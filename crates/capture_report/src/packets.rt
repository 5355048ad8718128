//! The packets of a batch.

ghost use Rattle.std.specs.Prelude.{◌≡◌, ◌<◌, ◌++◌, ◌∷◌, [], length};
ghost use Rattle.header_extract.specs.Class.{settled};
ghost use Rattle.header_extract.specs.Link.{frame_class};
ghost use Rattle.capture_report.specs.Packet.{IsPacket};
ghost use Rattle.capture_report.specs.Taken.{max_batch};

use crate::batch::MAX_BATCH;
use crate::packet::Packet;
use pcap_reader::Link;
use std::alloc::{AllocError, Global};
use std::marker::Model;

/// The packets of a batch, at most 64. Contracts see them as a list.
///
/// A packet is read into its place, and its room is used again for a later batch.
#[derive(Drop)]
pub struct Packets {
    /// Room for as many packets as a batch may have.
    slots: Vec<Packet>,
    /// How many of them are packets of the batch.
    len: usize,
}

impl Model for Packets {
    ghost use Rattle.std.specs.Prelude.{◌≡◌, ◌≤◌, List, take, vec_len};
    ghost use Rattle.header_extract.specs.Class.{FrameClass};
    ghost use Rattle.capture_report.specs.Taken.{max_batch};

    ghost Value = { List FrameClass };

    ghost view = { λ packets. take packets.len packets.slots.items };

    ghost invariant = { λ packets. (vec_len packets.slots ≡ max_batch)
        × (packets.len ≤ max_batch) };
}

impl Packets {
    /// No packets yet. It takes the memory for all that a batch may have.
    pub fn new(alloc: Global) -> Result<Self, AllocError> {
        let mut slots = Vec::with_capacity(alloc, MAX_BATCH)?;
        for _ in 0..MAX_BATCH {
            slots.push(Packet::new())?;
        }
        Ok(Packets { slots, len: 0 })
    }

    /// Drops all packets.
    pub fn clear(&mut self)
        ensures { self.new ≡ [] }
    {
        self.len = 0;
    }

    /// How many packets there are.
    pub fn len(&self) -> usize
        ensures { result ≡ length self.now }
    {
        self.len
    }

    /// The packets, in order.
    pub fn as_slice(&self) -> &[Packet]
        ensures { result.now ≡ self.now }
    {
        &self.slots[..self.len]
    }

    /// Puts the packet of a frame after the others, of which there are fewer than 64. It takes no
    /// memory.
    #[inline]
    pub fn add(&mut self, link: Link, frame: &[u8])
        requires { length self.old < max_batch }
        ensures packets { self.new ≡ self.old ++ settled (frame_class link frame.now) ∷ [] }
        ensures key { IsPacket (settled (frame_class link frame.now)) }
    {
        self.slots[self.len].read(link, frame);
        self.len += 1;
    }
}
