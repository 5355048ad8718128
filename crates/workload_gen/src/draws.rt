//! The words of a generator.

ghost use Rattle.std.specs.Prelude.{◌≡◌};
ghost use Rattle.workload_gen.specs.Draws.{after_words, seeded, words_of};

use rand_core::utils::NextWord;
use rand_pcg::Lcg64Xsh32;

/// The stream of the generator, which PCG's own examples use too.
const STREAM: u64 = 54;

/// The generator of a seed.
pub fn seeded(seed: u64) -> Lcg64Xsh32
    ensures { result ≡ seeded seed }
{
    Lcg64Xsh32::new(seed, STREAM)
}

/// The next words of a generator, as many as the array has.
pub fn draw<const N: usize>(generator: &mut Lcg64Xsh32) -> [u32; N]
    ensures words { result ≡ words_of N generator.old }
    ensures state { generator.new ≡ after_words N generator.old }
{
    let mut words = [0; N];
    for word in &mut words {
        *word = generator.next_word();
    }
    words
}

## TASK BRIEF
Each line from the material above that mentions the word "there" needs to be copied.

## SOLUTION FOR THIS PROBLEM
    /// How many packets there are.
    /// Puts the packet of a frame after the others, of which there are fewer than 64. It takes no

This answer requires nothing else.